[SUPPLIED RECORDS]:
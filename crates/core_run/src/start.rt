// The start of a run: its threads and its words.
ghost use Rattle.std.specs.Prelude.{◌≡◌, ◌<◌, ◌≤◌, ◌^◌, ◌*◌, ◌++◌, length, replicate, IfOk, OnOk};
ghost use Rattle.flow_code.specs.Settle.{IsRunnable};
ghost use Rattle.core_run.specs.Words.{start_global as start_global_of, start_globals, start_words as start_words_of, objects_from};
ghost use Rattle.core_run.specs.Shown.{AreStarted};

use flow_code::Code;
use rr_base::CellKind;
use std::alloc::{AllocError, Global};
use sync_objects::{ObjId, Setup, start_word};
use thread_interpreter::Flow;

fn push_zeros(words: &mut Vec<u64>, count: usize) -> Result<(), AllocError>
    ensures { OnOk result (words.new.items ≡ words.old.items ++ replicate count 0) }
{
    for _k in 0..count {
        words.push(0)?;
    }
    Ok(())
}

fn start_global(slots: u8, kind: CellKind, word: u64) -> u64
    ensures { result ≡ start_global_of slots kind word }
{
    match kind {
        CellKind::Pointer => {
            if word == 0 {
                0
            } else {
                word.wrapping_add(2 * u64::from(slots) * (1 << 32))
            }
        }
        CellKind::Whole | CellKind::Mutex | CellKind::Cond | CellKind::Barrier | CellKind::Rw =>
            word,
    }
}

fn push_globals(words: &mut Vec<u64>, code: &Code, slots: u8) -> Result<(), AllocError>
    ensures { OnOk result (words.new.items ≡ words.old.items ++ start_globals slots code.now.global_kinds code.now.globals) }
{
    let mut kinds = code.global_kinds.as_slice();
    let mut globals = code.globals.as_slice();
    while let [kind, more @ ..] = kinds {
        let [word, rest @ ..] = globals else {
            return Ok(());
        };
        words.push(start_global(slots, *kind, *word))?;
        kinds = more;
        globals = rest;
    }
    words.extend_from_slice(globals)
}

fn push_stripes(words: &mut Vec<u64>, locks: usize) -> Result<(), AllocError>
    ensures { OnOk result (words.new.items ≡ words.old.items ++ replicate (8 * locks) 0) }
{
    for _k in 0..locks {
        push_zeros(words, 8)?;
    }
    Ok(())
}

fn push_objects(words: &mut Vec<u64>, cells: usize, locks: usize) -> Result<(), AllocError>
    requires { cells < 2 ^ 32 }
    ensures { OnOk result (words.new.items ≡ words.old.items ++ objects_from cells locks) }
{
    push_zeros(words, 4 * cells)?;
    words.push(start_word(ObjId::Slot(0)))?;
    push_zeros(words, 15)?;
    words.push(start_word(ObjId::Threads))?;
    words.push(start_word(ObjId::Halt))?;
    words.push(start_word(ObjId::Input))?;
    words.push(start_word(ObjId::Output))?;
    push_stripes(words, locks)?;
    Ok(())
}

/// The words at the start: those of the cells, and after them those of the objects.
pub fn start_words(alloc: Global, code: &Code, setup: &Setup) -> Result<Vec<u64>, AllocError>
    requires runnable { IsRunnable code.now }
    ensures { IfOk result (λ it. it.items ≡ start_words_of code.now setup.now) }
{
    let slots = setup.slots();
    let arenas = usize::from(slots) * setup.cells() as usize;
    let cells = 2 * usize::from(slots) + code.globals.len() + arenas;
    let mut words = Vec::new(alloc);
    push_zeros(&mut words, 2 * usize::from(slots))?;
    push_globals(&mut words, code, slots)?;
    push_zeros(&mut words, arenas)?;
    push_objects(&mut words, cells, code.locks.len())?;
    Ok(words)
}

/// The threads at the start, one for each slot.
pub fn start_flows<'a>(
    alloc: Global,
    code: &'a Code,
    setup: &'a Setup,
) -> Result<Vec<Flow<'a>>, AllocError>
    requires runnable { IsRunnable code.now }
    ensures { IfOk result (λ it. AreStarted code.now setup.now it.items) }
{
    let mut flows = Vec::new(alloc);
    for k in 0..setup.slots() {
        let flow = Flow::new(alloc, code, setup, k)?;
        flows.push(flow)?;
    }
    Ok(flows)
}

---

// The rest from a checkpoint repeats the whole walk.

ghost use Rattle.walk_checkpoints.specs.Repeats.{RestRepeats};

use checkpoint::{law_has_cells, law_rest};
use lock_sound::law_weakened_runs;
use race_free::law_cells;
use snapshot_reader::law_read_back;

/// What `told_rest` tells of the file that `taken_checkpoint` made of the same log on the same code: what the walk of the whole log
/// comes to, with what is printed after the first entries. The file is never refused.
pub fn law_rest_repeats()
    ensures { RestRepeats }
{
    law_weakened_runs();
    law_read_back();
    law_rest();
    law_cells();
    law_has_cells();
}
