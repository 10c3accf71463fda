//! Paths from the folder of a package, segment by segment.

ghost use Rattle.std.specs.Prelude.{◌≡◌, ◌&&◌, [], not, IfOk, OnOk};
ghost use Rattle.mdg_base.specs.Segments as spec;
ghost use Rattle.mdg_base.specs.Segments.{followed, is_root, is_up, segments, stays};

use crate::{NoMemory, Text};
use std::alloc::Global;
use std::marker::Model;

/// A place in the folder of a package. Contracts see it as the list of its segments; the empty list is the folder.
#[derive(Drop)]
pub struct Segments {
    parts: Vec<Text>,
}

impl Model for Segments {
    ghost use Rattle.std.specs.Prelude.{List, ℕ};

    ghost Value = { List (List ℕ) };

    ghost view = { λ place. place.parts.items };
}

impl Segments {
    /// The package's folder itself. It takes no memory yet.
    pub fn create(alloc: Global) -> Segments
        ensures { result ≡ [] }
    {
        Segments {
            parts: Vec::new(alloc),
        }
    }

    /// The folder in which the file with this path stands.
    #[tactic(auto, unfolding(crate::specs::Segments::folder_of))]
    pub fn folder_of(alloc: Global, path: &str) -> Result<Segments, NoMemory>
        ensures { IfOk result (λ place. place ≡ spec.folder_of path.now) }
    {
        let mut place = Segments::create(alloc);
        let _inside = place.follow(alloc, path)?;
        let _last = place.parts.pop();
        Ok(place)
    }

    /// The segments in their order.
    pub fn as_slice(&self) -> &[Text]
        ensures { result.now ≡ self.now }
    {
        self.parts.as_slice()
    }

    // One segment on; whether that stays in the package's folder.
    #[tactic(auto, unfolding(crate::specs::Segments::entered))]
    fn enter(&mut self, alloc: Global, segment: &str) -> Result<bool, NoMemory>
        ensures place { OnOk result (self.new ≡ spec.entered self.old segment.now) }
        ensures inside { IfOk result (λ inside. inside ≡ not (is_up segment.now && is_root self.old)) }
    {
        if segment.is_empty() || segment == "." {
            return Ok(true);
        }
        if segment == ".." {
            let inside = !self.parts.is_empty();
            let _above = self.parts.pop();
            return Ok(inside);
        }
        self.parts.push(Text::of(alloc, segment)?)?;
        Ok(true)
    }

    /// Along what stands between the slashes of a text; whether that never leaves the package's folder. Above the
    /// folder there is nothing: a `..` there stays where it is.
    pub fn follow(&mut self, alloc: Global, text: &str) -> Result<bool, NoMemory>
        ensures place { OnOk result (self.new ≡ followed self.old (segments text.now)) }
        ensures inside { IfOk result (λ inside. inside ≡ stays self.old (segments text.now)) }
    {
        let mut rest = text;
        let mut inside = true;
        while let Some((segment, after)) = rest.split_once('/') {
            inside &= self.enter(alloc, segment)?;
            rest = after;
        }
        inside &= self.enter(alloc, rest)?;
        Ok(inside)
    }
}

* * *

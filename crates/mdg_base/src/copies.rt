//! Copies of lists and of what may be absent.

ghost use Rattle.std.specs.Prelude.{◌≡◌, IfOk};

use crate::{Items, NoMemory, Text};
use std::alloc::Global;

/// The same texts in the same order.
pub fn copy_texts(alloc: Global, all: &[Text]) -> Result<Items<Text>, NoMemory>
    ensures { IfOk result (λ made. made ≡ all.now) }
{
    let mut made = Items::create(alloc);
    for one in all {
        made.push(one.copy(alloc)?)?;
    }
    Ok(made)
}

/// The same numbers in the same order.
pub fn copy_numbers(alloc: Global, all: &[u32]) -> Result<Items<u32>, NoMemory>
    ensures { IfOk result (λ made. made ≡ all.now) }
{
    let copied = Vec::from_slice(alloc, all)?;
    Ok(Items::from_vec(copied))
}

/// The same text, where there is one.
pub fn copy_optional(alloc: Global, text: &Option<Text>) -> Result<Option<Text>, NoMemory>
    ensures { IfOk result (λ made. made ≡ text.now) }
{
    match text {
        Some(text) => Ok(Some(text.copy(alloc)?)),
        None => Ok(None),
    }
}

[WHAT YOU SHOULD DO]:
One stretch of the lines above is wanted, from the line that contains "filename crates/core_run/src/start.rt" through the line that contains "fn push_zeros(words: &mut". Output it exactly.

[FINISHED TASK]:
filename crates/core_run/src/start.rt
// The start of a run: its threads and its words.
ghost use Rattle.std.specs.Prelude.{◌≡◌, ◌<◌, ◌≤◌, ◌^◌, ◌*◌, ◌++◌, length, replicate, IfOk, OnOk};
ghost use Rattle.flow_code.specs.Settle.{IsRunnable};
ghost use Rattle.core_run.specs.Words.{start_global as start_global_of, start_globals, start_words as start_words_of, objects_from};
ghost use Rattle.core_run.specs.Shown.{AreStarted};

use flow_code::Code;
use rr_base::CellKind;
use std::alloc::{AllocError, Global};
use sync_objects::{ObjId, Setup, start_word};
use thread_interpreter::Flow;

fn push_zeros(words: &mut Vec<u64>, count: usize) -> Result<(), AllocError>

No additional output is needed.